It offers meals and rest to millions of migrating birds. It provides duck hunters a playground for their pastime each fall and has gawk-appeal for observers as far away as space.
And, with all of these forces pulling on it, the lake is being "piece-mealed to death," says Utah Gov. Jon Huntsman Jr.
On Monday, Huntsman announced a new panel to help decide how to manage the lake for future generations. The 12-person Great Salt Lake Advisory Council is due to report to Huntsman by the year's end.
"Whatever happens [with the lake] needs to be carefully analyzed," said the Republican governor.
"We have an amazing resource in the Great Salt Lake that offers a very diverse set of opportunities for our citizens," he said. "This Great Salt Lake Council is a unique collection of people who now need to chart a course for how to best utilize all the features of the lake."

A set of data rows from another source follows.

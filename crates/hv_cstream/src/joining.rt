//! Adjacent string literals are joined (5.1.1.2, phase 6).
ghost use Rattle.std.specs.Prelude.{◌≡◌, ◌++◌, ◌∷◌, [], ◌&&◌, true, false, All, Bool, List, IfOk, if◌then◌else◌};
ghost use Rattle.hv_base.specs.declared.place.Start.{Start as StartOf};
ghost use Rattle.hv_base.specs.declared.token.CTok.{CTok as CTokOf};
ghost use Rattle.hv_cond.specs.Diagram.{IsNode, Keeps, holds};
ghost use Rattle.hv_cond.specs.declared.conditions.Cond.{Cond as CondOf};
ghost use Rattle.hv_cstream.specs.Streams.{stream_in};
ghost use Rattle.hv_cstream.specs.working.Joining.{AreNodes, IsJoining, is_none, open_in, with_string};
ghost use Rattle.hv_ctoks.specs.Joining.{joined};

use crate::literal::{Literal, append_all, keep, write_out_all};
use hv_base::{CTok, List, Memory, Start, Text};
use hv_cond::{Cond, Store};
use hv_toks::{Stream, StreamTok};
use std::alloc::Global;

/// Literals with more values than these under all configurations end in out of memory: each option
/// doubles the values of a literal that has a part under it.
const MOST_LITERALS: usize = 65_536;

/// A condition without those of open literals.
fn outside_all(store: &mut Store, literals: &[Literal], cond: Cond) -> Result<Cond, Memory>
    requires cond { IsNode store.old cond }
    requires nodes { AreNodes store.old literals.now }
    ensures keeps { Keeps store.old store.new }
    ensures node { IfOk result (λ c. IsNode store.new c) }
    ensures outside { IfOk result (λ c. (values : List Bool) → holds store.new c values
        ≡ (holds store.old cond values && is_none (open_in store.old literals.now values))) }
{
    let mut rest = cond;
    for literal in literals {
        rest = store.without(rest, literal.cond)?;
    }
    Ok(rest)
}

/// A string literal under a condition: open ones go on there, and where there is none it is open.
fn take_string(
    alloc: Global,
    store: &mut Store,
    literals: List<Literal>,
    cond: Cond,
    start: Start,
    bytes: Text,
) -> Result<List<Literal>, Memory>
    requires cond { IsNode store.old cond }
    requires nodes { AreNodes store.old literals }
    ensures keeps { Keeps store.old store.new }
    ensures nodes { IfOk result (λ after. AreNodes store.new after) }
    ensures taken { IfOk result (λ after. (values : List Bool) → open_in store.new after values
        ≡ (if holds store.old cond values then with_string bytes start
        (open_in store.old literals values) else open_in store.old literals values)) }
{
    let rest = outside_all(store, literals.as_slice(), cond)?;
    let mut after = append_all(alloc, store, literals, cond, bytes.as_slice())?;
    let literal = Literal {
        cond: rest,
        start,
        bytes,
    };
    keep(store, &mut after, literal)?;
    if after.len() > MOST_LITERALS {
        return Err(Memory);
    }
    Ok(after)
}

/// Another token: the literals that are open where it is are written before it.
fn take_other(
    alloc: Global,
    store: &mut Store,
    out: &mut Stream,
    literals: List<Literal>,
    token: StreamTok,
) -> Result<List<Literal>, Memory>
    requires cond { IsNode store.old token.cond }
    requires nodes { AreNodes store.old literals }
    requires out_nodes { All (λ token. IsNode store.old token.cond) out.old }
    ensures keeps { Keeps store.old store.new }
    ensures nodes { IfOk result (λ after. AreNodes store.new after) }
    ensures out_nodes { IfOk result (λ _. All (λ token. IsNode store.new token.cond) out.new) }
    ensures ended { IfOk result (λ after. (values : List Bool) → open_in store.new after values
        ≡ (if holds store.old token.cond values then [] else open_in store.old literals values)) }
    ensures written { IfOk result (λ _. (values : List Bool) → stream_in store.new out.new values
        ≡ stream_in store.old out.old values
        ++ (if holds store.old token.cond values
        then open_in store.old literals values ++ (token.tok, token.start) ∷ [] else [])) }
{
    let after = write_out_all(alloc, store, out, literals, token.cond)?;
    out.add(token)?;
    Ok(after)
}

/// The next token of a stream.
fn take(
    alloc: Global,
    store: &mut Store,
    good: Cond,
    out: &mut Stream,
    literals: List<Literal>,
    token: StreamTok,
) -> Result<List<Literal>, Memory>
    requires token { IsNode store.old token.cond }
    requires good { IsNode store.old good }
    requires nodes { AreNodes store.old literals }
    requires out_nodes { All (λ token. IsNode store.old token.cond) out.old }
    ensures keeps { Keeps store.old store.new }
    ensures joined { IfOk result (λ after. (tokens : List Bool → List (CTokOf × StartOf))
        → IsJoining store.old good tokens out.old literals
        → IsJoining store.new good (λ values. tokens values
        ++ (if holds store.old token.cond values then (token.tok, token.start) ∷ [] else []))
        out.new after) }
{
    let cond = store.and(token.cond, good)?;
    if store.is_false(cond) {
        return Ok(literals);
    }
    let start = token.start;
    match token.tok {
        CTok::Str(bytes) => take_string(alloc, store, literals, cond, start, bytes),
        tok => take_other(alloc, store, out, literals, StreamTok { tok, cond, start }),
    }
}

/// The stream with adjacent string literals joined (5.1.1.2, phase 6), in the configurations of
/// `good`. A joined literal stands after all its parts, and has a token for each value that it has
/// under some configurations. Beyond 65,536 values that are open at once: out of memory.
pub fn join_strings(
    alloc: Global,
    store: &mut Store,
    good: Cond,
    stream: Stream,
) -> Result<Stream, Memory>
    requires good { IsNode store.old good }
    requires conditions { All (λ token. IsNode store.old token.cond) stream }
    ensures keeps { Keeps store.old store.new }
    ensures conditions { IfOk result (λ out. All (λ token. IsNode store.new token.cond) out) }
    ensures joined { IfOk result (λ out. (values : List Bool) → holds store.new good values ≡ true
        → stream_in store.new out values ≡ joined (stream_in store.old stream values)) }
{
    let mut out = List::new(alloc);
    let mut literals = List::new(alloc);
    for token in stream.into_vec() {
        literals = take(alloc, store, good, &mut out, literals, token)?;
    }
    write_out_all(alloc, store, &mut out, literals, good)?;
    Ok(out)
}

The governor announced the long-sought panel during the first stop in his weeklong rural road tour of Utah. He also planned a tour of a Great Salt Lake mineral mining operation and dairy farms in Box Elder County.
As he announced the panel, sought for years by the lake's fans, nine of the 12 council members stood behind him. They represent such organizations as the Nature Conservancy, the Salt Lake City planning office, the South Davis County sewer district, the brine-shrimp industry and Kaysville Mayor Neka Roundy.
"It's an icon," said Roundy. "It's on everyone's map. It's ours."
She told stories of wanting, as a child, to float in it and noted that her father once swam it from Black Rock on the south shore to Antelope Island.
For all of the intrigue it inspires, the lake has seen little management. The Utah Water Quality Board is just now considering the first water-quality standard for the lake, a limit on the amount of selenium permitted in the lake's southwest bay. Conservationists have criticized plans for oil drilling near the earthwork sculpture Spiral Jetty in the north.
State Sen. Dan Eastman is one of two lawmakers on the panel.
"We're just going to take an inventory of what we have here," said the Bountiful Republican.
"The question is, what value do we have here? We might be surprised with what we find out."
fahys@sltrib.com
A look at the lake
* The Great Salt Lake is five times saltier than ocean water.
* Antelope Island is the largest of 10 islands in the Great Salt Lake, the fourth-largest terminal lake in the world.
* The bison on the island, originally introduced in 1893, now number 720.
* The state purchased its first parcel of Antelope Island in 1969 and bought the remaining 26,022 acres in 1981.
* The Great Salt Lake covers about 1,700 square miles, although it can be nearly half that size during a drought and double it in wet periods.